* **WHAT IS EXPECTED**: Among the entries below, find the line with "long for rows.", then quote it and each following line up to and including the line with "limit.text, count, limit.after)?;", and nothing else.

* **EXERCISE DATA**:
•••

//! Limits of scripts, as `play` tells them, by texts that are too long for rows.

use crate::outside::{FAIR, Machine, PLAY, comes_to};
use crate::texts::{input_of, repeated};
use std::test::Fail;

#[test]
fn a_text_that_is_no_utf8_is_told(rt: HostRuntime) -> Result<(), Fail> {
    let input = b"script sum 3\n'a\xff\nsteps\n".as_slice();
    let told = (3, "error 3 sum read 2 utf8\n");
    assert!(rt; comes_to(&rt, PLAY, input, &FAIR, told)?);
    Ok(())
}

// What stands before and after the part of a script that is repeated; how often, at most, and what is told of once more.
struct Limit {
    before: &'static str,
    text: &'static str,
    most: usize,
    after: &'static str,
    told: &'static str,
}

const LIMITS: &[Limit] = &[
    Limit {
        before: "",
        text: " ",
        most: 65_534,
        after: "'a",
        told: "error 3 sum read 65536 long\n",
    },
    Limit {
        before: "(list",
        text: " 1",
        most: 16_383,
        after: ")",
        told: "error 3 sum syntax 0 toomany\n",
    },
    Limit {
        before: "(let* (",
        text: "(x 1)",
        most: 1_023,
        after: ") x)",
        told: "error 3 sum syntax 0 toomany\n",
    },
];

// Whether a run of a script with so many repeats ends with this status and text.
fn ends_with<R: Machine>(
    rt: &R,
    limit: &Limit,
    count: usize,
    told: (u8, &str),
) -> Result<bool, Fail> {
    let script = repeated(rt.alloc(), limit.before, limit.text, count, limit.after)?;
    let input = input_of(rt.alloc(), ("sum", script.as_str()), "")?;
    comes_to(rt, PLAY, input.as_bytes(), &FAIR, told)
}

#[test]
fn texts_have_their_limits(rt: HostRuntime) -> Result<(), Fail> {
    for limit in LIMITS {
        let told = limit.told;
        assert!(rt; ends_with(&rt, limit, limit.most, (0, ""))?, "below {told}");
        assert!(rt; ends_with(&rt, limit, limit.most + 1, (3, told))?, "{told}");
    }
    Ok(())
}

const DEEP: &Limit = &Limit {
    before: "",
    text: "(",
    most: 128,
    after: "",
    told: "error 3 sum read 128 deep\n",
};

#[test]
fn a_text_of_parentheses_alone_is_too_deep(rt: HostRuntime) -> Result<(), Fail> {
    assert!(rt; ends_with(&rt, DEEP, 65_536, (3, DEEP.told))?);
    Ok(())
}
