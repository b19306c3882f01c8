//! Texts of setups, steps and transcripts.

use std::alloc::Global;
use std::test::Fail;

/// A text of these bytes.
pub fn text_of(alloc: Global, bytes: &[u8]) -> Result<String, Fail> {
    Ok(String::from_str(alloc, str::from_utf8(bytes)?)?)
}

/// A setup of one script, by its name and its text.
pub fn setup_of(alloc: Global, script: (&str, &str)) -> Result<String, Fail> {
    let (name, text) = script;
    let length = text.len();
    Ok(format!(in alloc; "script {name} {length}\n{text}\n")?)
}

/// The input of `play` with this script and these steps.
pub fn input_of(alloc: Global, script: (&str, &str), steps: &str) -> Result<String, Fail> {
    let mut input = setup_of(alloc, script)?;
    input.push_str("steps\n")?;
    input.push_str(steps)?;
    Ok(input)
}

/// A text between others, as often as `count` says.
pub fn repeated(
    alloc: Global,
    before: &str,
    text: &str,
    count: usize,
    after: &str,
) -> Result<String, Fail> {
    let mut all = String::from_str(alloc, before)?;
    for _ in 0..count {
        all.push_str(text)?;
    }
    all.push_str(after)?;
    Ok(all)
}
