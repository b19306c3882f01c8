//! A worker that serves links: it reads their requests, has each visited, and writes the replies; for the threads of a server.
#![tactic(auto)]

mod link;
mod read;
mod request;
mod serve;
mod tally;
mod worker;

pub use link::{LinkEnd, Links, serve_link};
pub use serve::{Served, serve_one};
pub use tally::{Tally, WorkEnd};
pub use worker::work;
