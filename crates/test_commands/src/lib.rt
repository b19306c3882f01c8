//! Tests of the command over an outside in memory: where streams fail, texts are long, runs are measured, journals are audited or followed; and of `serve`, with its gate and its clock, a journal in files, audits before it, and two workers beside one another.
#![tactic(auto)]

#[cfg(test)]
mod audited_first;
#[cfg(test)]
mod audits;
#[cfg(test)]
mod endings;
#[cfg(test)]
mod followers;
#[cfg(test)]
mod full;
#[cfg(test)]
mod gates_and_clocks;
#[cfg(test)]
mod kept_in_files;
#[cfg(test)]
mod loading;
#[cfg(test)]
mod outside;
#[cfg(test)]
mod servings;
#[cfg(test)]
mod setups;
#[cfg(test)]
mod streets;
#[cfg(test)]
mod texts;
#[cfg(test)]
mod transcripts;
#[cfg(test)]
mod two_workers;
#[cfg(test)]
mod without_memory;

•••

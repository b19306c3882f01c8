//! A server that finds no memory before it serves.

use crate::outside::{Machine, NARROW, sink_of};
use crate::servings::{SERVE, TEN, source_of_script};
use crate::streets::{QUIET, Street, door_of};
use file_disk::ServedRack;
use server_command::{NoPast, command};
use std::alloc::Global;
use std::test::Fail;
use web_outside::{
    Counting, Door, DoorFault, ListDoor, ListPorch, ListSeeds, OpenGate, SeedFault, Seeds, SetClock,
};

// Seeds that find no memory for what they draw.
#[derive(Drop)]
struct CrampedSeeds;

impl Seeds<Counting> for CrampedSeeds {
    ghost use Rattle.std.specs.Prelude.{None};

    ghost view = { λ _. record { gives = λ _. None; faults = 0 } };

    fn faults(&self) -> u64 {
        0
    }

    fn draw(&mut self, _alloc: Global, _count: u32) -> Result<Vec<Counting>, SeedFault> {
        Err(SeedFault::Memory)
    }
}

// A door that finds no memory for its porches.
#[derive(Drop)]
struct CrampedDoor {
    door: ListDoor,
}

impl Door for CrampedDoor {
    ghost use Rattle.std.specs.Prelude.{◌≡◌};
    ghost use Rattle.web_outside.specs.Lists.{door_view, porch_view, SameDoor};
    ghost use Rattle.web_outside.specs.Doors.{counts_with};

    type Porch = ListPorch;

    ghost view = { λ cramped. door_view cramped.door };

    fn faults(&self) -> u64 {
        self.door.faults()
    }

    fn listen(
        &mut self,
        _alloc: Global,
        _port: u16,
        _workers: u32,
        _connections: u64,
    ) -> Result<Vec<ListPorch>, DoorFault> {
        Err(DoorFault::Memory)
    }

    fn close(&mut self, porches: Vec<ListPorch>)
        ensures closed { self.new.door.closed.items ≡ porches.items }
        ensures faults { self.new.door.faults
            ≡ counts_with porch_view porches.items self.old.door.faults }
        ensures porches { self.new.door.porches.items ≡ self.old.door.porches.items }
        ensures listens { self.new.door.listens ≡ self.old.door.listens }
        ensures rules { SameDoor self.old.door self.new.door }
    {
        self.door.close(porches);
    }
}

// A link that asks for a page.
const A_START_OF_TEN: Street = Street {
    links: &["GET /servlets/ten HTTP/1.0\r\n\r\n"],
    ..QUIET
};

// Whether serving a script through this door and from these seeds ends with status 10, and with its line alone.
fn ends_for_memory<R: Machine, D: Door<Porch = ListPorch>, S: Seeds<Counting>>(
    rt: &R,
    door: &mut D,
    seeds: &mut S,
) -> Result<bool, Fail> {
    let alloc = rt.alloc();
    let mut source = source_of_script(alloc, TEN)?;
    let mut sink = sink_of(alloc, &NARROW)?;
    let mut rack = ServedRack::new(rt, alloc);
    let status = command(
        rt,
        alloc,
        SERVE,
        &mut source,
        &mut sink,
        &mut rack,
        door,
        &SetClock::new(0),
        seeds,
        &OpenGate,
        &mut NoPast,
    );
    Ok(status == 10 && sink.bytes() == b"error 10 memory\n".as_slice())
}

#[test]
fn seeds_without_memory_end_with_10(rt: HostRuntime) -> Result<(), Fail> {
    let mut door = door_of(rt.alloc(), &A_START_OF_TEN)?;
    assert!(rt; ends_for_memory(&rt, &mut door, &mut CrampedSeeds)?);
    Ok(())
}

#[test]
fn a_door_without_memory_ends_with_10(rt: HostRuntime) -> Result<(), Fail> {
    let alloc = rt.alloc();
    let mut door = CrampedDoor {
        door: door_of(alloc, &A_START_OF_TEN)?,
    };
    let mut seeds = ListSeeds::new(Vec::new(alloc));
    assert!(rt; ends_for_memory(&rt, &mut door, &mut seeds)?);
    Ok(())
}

•••

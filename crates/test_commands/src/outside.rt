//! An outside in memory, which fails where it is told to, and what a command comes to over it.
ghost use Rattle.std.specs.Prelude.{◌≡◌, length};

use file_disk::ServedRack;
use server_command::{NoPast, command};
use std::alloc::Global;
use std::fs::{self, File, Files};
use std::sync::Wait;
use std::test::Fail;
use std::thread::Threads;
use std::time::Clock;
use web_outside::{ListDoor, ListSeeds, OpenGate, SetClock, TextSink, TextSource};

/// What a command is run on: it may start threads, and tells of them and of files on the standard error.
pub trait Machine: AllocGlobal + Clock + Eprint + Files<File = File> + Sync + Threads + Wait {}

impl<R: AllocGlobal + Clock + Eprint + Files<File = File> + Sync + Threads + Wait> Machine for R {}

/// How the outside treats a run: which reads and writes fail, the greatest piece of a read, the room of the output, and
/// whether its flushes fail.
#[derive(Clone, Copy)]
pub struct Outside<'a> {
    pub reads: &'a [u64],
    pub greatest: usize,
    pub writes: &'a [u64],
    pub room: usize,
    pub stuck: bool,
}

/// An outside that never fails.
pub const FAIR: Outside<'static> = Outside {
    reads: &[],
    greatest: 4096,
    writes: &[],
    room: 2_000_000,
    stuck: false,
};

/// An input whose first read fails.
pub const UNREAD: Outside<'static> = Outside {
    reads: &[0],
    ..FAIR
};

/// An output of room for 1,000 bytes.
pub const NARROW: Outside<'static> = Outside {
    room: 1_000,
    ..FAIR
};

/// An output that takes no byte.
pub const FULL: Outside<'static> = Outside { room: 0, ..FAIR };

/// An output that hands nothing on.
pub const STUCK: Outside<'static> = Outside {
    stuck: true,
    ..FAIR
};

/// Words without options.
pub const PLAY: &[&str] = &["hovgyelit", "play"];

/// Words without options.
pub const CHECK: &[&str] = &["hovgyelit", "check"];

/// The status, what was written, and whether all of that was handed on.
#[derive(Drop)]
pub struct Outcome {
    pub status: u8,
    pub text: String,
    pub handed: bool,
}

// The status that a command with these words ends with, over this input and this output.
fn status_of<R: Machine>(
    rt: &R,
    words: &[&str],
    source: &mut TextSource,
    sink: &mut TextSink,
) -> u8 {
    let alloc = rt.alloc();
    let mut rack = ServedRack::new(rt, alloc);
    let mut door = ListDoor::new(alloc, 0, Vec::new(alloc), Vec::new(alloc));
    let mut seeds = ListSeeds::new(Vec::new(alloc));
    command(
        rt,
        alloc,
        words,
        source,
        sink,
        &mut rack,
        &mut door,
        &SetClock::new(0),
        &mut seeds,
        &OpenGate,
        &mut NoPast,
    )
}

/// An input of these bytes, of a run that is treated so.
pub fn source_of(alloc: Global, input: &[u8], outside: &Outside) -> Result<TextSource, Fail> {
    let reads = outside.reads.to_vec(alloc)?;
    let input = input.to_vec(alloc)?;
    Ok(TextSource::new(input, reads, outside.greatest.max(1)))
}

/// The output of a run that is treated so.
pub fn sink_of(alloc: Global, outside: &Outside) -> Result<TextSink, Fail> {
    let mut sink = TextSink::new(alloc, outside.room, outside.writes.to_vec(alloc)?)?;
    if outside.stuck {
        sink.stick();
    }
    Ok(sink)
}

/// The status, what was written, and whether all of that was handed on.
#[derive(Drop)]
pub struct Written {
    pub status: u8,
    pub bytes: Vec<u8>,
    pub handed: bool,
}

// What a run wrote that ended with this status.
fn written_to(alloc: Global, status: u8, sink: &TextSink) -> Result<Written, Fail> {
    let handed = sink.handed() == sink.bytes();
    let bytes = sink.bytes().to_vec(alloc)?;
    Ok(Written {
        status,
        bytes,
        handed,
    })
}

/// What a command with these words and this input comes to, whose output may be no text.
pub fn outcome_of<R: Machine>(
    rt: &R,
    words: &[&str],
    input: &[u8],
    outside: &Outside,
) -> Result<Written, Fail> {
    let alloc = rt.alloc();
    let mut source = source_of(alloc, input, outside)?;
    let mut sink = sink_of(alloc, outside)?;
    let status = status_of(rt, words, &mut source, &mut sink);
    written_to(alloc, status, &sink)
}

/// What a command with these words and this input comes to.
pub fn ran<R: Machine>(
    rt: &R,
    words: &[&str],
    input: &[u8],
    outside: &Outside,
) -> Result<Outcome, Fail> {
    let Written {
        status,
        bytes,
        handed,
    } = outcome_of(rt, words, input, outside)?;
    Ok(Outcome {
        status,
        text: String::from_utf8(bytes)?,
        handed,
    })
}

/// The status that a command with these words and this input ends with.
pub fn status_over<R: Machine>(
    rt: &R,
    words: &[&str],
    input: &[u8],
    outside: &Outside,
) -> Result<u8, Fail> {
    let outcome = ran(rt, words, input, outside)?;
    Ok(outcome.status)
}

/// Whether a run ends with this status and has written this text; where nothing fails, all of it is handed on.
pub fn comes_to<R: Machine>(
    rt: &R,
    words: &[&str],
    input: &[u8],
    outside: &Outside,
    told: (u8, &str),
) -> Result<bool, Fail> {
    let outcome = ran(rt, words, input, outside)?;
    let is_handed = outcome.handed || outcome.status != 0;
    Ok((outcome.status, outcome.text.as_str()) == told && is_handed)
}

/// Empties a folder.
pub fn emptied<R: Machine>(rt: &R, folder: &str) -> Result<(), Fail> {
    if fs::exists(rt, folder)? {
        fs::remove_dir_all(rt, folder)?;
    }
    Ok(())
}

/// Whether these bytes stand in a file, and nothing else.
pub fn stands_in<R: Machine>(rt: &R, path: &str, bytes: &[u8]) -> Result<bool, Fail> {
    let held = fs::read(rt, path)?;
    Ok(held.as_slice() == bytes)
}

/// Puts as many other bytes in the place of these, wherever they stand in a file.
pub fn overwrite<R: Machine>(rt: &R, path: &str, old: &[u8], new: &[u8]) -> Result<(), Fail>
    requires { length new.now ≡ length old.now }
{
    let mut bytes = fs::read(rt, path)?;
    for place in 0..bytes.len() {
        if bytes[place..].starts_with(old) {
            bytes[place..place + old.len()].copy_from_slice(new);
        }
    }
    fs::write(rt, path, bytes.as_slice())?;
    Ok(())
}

•••

* **EXERCISE OUTPUT**:
//! Limits of scripts, as `play` tells them, by texts that are too long for rows.

use crate::outside::{FAIR, Machine, PLAY, comes_to};
use crate::texts::{input_of, repeated};
use std::test::Fail;

#[test]
fn a_text_that_is_no_utf8_is_told(rt: HostRuntime) -> Result<(), Fail> {
    let input = b"script sum 3\n'a\xff\nsteps\n".as_slice();
    let told = (3, "error 3 sum read 2 utf8\n");
    assert!(rt; comes_to(&rt, PLAY, input, &FAIR, told)?);
    Ok(())
}

// What stands before and after the part of a script that is repeated; how often, at most, and what is told of once more.
struct Limit {
    before: &'static str,
    text: &'static str,
    most: usize,
    after: &'static str,
    told: &'static str,
}

const LIMITS: &[Limit] = &[
    Limit {
        before: "",
        text: " ",
        most: 65_534,
        after: "'a",
        told: "error 3 sum read 65536 long\n",
    },
    Limit {
        before: "(list",
        text: " 1",
        most: 16_383,
        after: ")",
        told: "error 3 sum syntax 0 toomany\n",
    },
    Limit {
        before: "(let* (",
        text: "(x 1)",
        most: 1_023,
        after: ") x)",
        told: "error 3 sum syntax 0 toomany\n",
    },
];

// Whether a run of a script with so many repeats ends with this status and text.
fn ends_with<R: Machine>(
    rt: &R,
    limit: &Limit,
    count: usize,
    told: (u8, &str),
) -> Result<bool, Fail> {
    let script = repeated(rt.alloc(), limit.before, limit.text, count, limit.after)?;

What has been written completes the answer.